* ABOUT THIS EXERCISE:
Print out the records in full, keeping each word unchanged.

* GIVEN RECORDS:
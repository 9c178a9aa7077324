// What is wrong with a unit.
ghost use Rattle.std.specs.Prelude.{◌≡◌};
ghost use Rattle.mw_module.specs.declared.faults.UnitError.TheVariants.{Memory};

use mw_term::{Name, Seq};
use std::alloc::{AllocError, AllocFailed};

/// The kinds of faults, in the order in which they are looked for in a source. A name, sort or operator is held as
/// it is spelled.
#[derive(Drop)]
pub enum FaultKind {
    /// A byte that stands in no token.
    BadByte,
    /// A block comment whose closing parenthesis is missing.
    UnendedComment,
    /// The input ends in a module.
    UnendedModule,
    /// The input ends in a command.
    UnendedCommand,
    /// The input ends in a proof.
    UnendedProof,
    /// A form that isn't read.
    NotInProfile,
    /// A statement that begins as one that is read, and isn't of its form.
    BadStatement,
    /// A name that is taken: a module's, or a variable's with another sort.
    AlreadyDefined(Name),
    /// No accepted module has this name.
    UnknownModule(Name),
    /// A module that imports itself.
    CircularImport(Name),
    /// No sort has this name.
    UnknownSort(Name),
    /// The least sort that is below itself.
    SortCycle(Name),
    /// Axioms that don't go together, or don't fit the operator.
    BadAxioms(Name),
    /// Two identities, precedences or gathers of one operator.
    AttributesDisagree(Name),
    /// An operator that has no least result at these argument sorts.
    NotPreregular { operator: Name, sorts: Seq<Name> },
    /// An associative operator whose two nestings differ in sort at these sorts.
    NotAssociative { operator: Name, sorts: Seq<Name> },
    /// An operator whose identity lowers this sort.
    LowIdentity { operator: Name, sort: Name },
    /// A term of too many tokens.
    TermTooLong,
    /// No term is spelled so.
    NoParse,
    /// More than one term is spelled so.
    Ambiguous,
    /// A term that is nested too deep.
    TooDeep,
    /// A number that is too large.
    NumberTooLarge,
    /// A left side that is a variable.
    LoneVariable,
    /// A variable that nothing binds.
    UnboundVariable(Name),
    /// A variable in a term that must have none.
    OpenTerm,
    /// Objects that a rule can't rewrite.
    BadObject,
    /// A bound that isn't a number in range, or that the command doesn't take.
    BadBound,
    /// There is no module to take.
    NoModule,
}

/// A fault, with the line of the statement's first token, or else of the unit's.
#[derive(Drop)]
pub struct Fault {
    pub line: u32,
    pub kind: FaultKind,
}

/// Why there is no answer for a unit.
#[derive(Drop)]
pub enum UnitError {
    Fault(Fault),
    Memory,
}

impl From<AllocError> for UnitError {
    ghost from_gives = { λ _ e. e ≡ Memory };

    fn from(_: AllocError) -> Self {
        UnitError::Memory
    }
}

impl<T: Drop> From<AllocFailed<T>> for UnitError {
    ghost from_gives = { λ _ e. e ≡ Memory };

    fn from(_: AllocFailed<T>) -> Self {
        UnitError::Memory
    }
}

* OUTPUT:
repository 9c178a9aa7077324
// What is wrong with a unit.
ghost use Rattle.std.specs.Prelude.{◌≡◌};
ghost use Rattle.mw_module.specs.declared.faults.UnitError.TheVariants.{Memory};

use mw_term::{Name, Seq};
use std::alloc::{AllocError, AllocFailed};

/// The kinds of faults, in the order in which they are looked for in a source. A name, sort or operator is held as
/// it is spelled.
#[derive(Drop)]
pub enum FaultKind {
    /// A byte that stands in no token.
    BadByte,
    /// A block comment whose closing parenthesis is missing.
    UnendedComment,
    /// The input ends in a module.
    UnendedModule,
    /// The input ends in a command.
    UnendedCommand,
    /// The input ends in a proof.
    UnendedProof,
    /// A form that isn't read.
    NotInProfile,
    /// A statement that begins as one that is read, and isn't of its form.
    BadStatement,
    /// A name that is taken: a module's, or a variable's with another sort.
    AlreadyDefined(Name),
    /// No accepted module has this name.
    UnknownModule(Name),
    /// A module that imports itself.
    CircularImport(Name),
    /// No sort has this name.
    UnknownSort(Name),
    /// The least sort that is below itself.
    SortCycle(Name),
    /// Axioms that don't go together, or don't fit the operator.
    BadAxioms(Name),
    /// Two identities, precedences or gathers of one operator.
    AttributesDisagree(Name),
    /// An operator that has no least result at these argument sorts.
    NotPreregular { operator: Name, sorts: Seq<Name> },
    /// An associative operator whose two nestings differ in sort at these sorts.
    NotAssociative { operator: Name, sorts: Seq<Name> },
    /// An operator whose identity lowers this sort.
    LowIdentity { operator: Name, sort: Name },
    /// A term of too many tokens.
    TermTooLong,
    /// No term is spelled so.
    NoParse,
    /// More than one term is spelled so.
    Ambiguous,
    /// A term that is nested too deep.
    TooDeep,
    /// A number that is too large.
    NumberTooLarge,
    /// A left side that is a variable.
    LoneVariable,
    /// A variable that nothing binds.
    UnboundVariable(Name),
    /// A variable in a term that must have none.
    OpenTerm,
    /// Objects that a rule can't rewrite.
    BadObject,
    /// A bound that isn't a number in range, or that the command doesn't take.
    BadBound,
    /// There is no module to take.
    NoModule,
}

/// A fault, with the line of the statement's first token, or else of the unit's.
#[derive(Drop)]
pub struct Fault {
    pub line: u32,
    pub kind: FaultKind,
}

/// Why there is no answer for a unit.
#[derive(Drop)]
pub enum UnitError {
    Fault(Fault),
    Memory,
}

impl From<AllocError> for UnitError {
    ghost from_gives = { λ _ e. e ≡ Memory };

    fn from(_: AllocError) -> Self {
        UnitError::Memory
    }
}

impl<T: Drop> From<AllocFailed<T>> for UnitError {
    ghost from_gives = { λ _ e. e ≡ Memory };

    fn from(_: AllocFailed<T>) -> Self {
        UnitError::Memory
    }
}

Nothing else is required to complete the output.